I used to do shopping by the internet whilst I was pregnant. Not because I was too lazy to walk round the shop, but for the fact that the smell made me nauseous. I won’t say which supermarkets I used but there might have been a hint of orange, but then every little helped. Generally, things were OK. 9 times out of 10 the groceries arrived when they said they would. But when they get it wrong, boy do they get it wrong.
I had one delivery driver refuse to take my shopping into the house, due to that famous “elf and safety” despite the fact that I was visibly pregnant and all he had to do was step through the front door (not even a step) and deposit it in the hall. Now, you’re probably screaming why couldn’t you do it, but my response would be that every other driver did and I was paying for delivery. One complaint later and delivery fee refunded.
Occasionally my shopping was seriously late to the point I had phoned up customer services several times and was getting to know the person who answered the phone. Little tip I would like to impart – if your shopping fails to turn up within its allotted slot and is much later than half an hour after the deadline then you complain and ask for a full refund – I did and got it. Twice! (Complimentary bunch of flowers the second time) So never forget you have the right to complain.
The other thing that can be very amusing is the substitution option. Generally this means that if they don’t have the item you specified, the shopper uses his/her discretion to pick a substitute item, usually a different brand.
Or so you would think!
One week I ordered a packet of spaghetti – the long stuff you put in a saucepan to boil. When the delivery arrived the driver told me what was substituted, as this generally gets put in a different coloured bag. That’s OK, thought I, any other type of pasta would be fine. Little did I know until I unpacked the shopping that “Dopey” from the “Snow White” had actually been packing my order. Can you guess what they gave me as a substitute?
A TIN OF SPAGHETTI HOOPS! Grrr, yet another phone call to customer services.
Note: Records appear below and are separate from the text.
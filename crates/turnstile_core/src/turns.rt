//! The calls of a turn: take it, enter an entry, show the entries, pass it on.
ghost use Rattle.std.specs.Prelude.{◌≡◌, ◌≤◌, [], length};
ghost use Rattle.turnstile_core.specs.Seats.{name_of, turnstile_of, past, stage, IsFree, IsHolding, HasTurn, HasOneMore, FoundTallies, HasOpeningOf};
ghost use Rattle.turnstile_core.specs.Steps.{HasAll, HasTaken, caught_up, grown, shown_at, tallied};
ghost use Rattle.turnstile_core.specs.declared.view.Stage.TheVariants.{Idle};

use crate::kept::Kept;
use crate::seat::{Seat, Token, Turn};
use crate::turnstile::Turnstile;
use std::marker::Brand;
use std::sync::Wait;

impl<T: Kept> Turnstile<T> {
    /// Draws a ticket, waits until it is served, and takes the value out.
    fn wait_for<R: Wait>(&self, rt: &R, token: &mut Token<T, T::Entry>) -> T
        requires own { token.old.table_id ≡ name_of self.now }
        requires idle { token.old.me.0.stage ≡ Idle }
        requires empty { token.old.me.1 ≡ [] }
        ensures own { token.new.table_id ≡ token.old.table_id }
        ensures taken { HasTaken T.Kept token.old.me result token.new.me }
    {
        let ticket = self.draw(token);
        for _ in rt.forever() {
            let serving = self.look_at_served(token);
            if serving == ticket {
                return self.take_out(token);
            }
            self.table.shared.park(rt, 1, (serving % (1 << 32)) as u32);
        }
        unreachable!()
    }

    /// Waits until it is the seat's turn, and gives the turn. Who asked first need not be first.
    ///
    /// The seat has then seen all entries of the value, and knows how many of them are shown.
    pub fn take_turn<R: Wait>(&self, rt: &R, seat: &mut Seat<T>) -> Turn<T>
        requires own { turnstile_of seat.old ≡ name_of self.now }
        requires free { IsFree seat.old }
        ensures own { turnstile_of seat.new ≡ turnstile_of seat.old }
        ensures holds { IsHolding seat.new result.value }
        ensures value { HasAll T.Kept result.value (past seat.old) }
        ensures settled { T.settled result.value }
        ensures seat { past seat.new ≡ caught_up T.Kept (past seat.old) result.value }
    {
        self.gate.pass(rt);
        let value = self.wait_for(rt, &mut seat.token);
        seat.front = value.entries();
        Turn { value }
    }

    /// Adds the value's last entry to the history, once. The entry is the seat's own.
    pub fn enter(&self, seat: &mut Seat<T>, turn: &mut Turn<T>)
        requires own { turnstile_of seat.old ≡ name_of self.now }
        requires holds { HasTurn seat.old }
        requires one_more { HasOneMore T.Kept (past seat.old) (T.list turn.old.value) }
        ensures own { turnstile_of seat.new ≡ turnstile_of seat.old }
        ensures holds { stage seat.new ≡ stage seat.old }
        ensures seat { past seat.new ≡ grown (past seat.old) (T.list turn.old.value) }
        ensures turn { turn.new ≡ turn.old }
    {
        self.count_entry::<Brand>(&mut seat.token, &turn.value);
        seat.front = turn.value.entries();
    }

    /// Shows as many entries as the value's `shown` says.
    pub fn show(&self, seat: &mut Seat<T>, turn: &mut Turn<T>)
        requires own { turnstile_of seat.old ≡ name_of self.now }
        requires holds { HasTurn seat.old }
        requires above { (past seat.old).shown ≤ T.published turn.old.value }
        requires below { T.published turn.old.value ≤ length (past seat.old).seen }
        ensures own { turnstile_of seat.new ≡ turnstile_of seat.old }
        ensures holds { stage seat.new ≡ stage seat.old }
        ensures seat { past seat.new ≡ shown_at (past seat.old) (T.published turn.old.value) }
        ensures turn { turn.new ≡ turn.old }
    {
        let shown = turn.value.shown();
        self.raise_shown(&mut seat.token, shown);
    }

    /// Puts the value back for the next seat, the one with the next ticket or whoever comes first.
    pub fn pass_on(&self, seat: &mut Seat<T>, turn: Turn<T>)
        requires own { turnstile_of seat.old ≡ name_of self.now }
        requires holds { FoundTallies seat.old turn.value }
        requires entries { T.list turn.value ≡ (past seat.old).seen }
        requires shown { T.published turn.value ≡ (past seat.old).shown }
        requires settled { T.settled turn.value }
        requires opening { HasOpeningOf seat.old turn.value }
        ensures own { turnstile_of seat.new ≡ turnstile_of seat.old }
        ensures free { IsFree seat.new }
        ensures seat { past seat.new ≡ tallied (past seat.old)
            (T.tally turn.value (past seat.old).number) }
    {
        let Turn { value } = turn;
        self.put_back(&mut seat.token, value);
        self.serve_next(&mut seat.token);
        self.table.shared.wake_all(1);
        self.gate.leave();
    }
}
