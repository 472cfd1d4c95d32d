//! The end of a turnstile: all seats come back, and the value with them.
ghost use Rattle.std.specs.Prelude.{◌≡◌, [], ◌∷◌, ◌++◌, map};
ghost use Rattle.std.specs.List.{All};
ghost use Rattle.turnstile_core.specs.Closing.{AreAllSeats, Ends};
ghost use Rattle.turnstile_core.specs.Seats.{name_of, past, IsFreeAt};
ghost use Rattle.turnstile_core.specs.Steps.{joined_with};
ghost use Rattle.turnstile_core.specs.declared.view.Stage.TheVariants.{Idle};

use crate::kept::Kept;
use crate::seat::{Seat, Token};
use crate::turnstile::Turnstile;

impl<T: Kept> Turnstile<T> {
    /// Takes in what all these seats know.
    fn take_in_all(&self, token: &mut Token<T, T::Entry>, seats: Vec<Seat<T>>)
        requires own { token.old.table_id ≡ name_of self.now }
        requires idle { token.old.me.0.stage ≡ Idle }
        requires seats { All (IsFreeAt (name_of self.now)) seats.items }
        ensures own { token.new.table_id ≡ token.old.table_id }
        ensures all { token.new.me ≡ (
          joined_with token.old.me.0 (map past seats.items),
          token.old.me.1,
        ) }
    {
        let mut others = seats;
        while let Some(other) = others.pop() {
            self.take_in(token, other.token);
        }
    }

    /// The value, once the last seat takes in the others.
    fn close_by(self, last: Seat<T>, others: Vec<Seat<T>>) -> T
        requires last { IsFreeAt (name_of self) last }
        requires others { All (IsFreeAt (name_of self)) others.items }
        requires all { AreAllSeats (map past (others.items ++ last ∷ [])) }
        ensures { Ends T.Kept (map past (others.items ++ last ∷ [])) result }
    {
        let Seat {
            mut token,
            front: _,
        } = last;
        self.take_in_all(&mut token, others);
        let Turnstile { table, gate: _ } = self;
        let mut closed = table.close_with(token);
        let full = closed.take(0);
        closed.free();
        let Some(value) = full else { unreachable!() };
        value
    }

    /// The value, once number 0 and all seats that it gave are back, in any order.
    ///
    /// It has all that each of them knows, no other entries, and it is settled.
    pub fn close(self, seats: Vec<Seat<T>>) -> T
        requires own { All (IsFreeAt (name_of self)) seats.items }
        requires all { AreAllSeats (map past seats.items) }
        ensures { Ends T.Kept (map past seats.items) result }
    {
        let mut others = seats;
        match others.pop() {
            Some(last) => self.close_by(last, others),
            None => unreachable!(),
        }
    }
}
One final thing is to always check use-by and sell-by dates. Obviously when shopping yourself you check dates very carefully. Internet shopping doesn’t work like that. You see them going round the stores, picking out frozen stuff first, so it thaws before you’ve finished and then gets sent to you and just picking up items without checking whether it’s in date or broken, etc. IF you receive goods that are use-by the day you get your shopping or the following day. Phone up and complain, you may be able to get a refund on these items.
My final gripe, is one that does happen all too frequently. Supermarkets are aware it happens and yet are powerless to do anything. STEALING.
And it’s not who you would generally stereotype this kind of person to be. All too often it is a nice middle-class person. I have witnessed this offence on several occasions, only to be told by the supermarket manager that they can’t do anything about it.
Why not? Stealing is stealing in whatever shape or form. It doesn’t matter who you are.
Stealing is against the law.
You may not think you are doing anything wrong as you wander round the supermarket and feed a bread roll to your screaming youngster – but if you don’t pay for it you are.
Similarly is you pick up a bunch of grapes eat a handful and then put them on the shelf a few aisles further on YOU ARE STEALING.
Ditto those who take bars out of boxes. Taking stuff and not paying for it is ILLEGAL.
Yes, yes, yes, supermarkets make so much money they won’t miss a few grapes, etc. But supermarkets do actually lose quite a lot of money each year due to theft, even though it’s absorbed by the huge profits they make.
My argument still stands, if you don’t pay for it you are stealing and no better than someone who steals a car, or breaks into a house and steals anything they can get there hands on.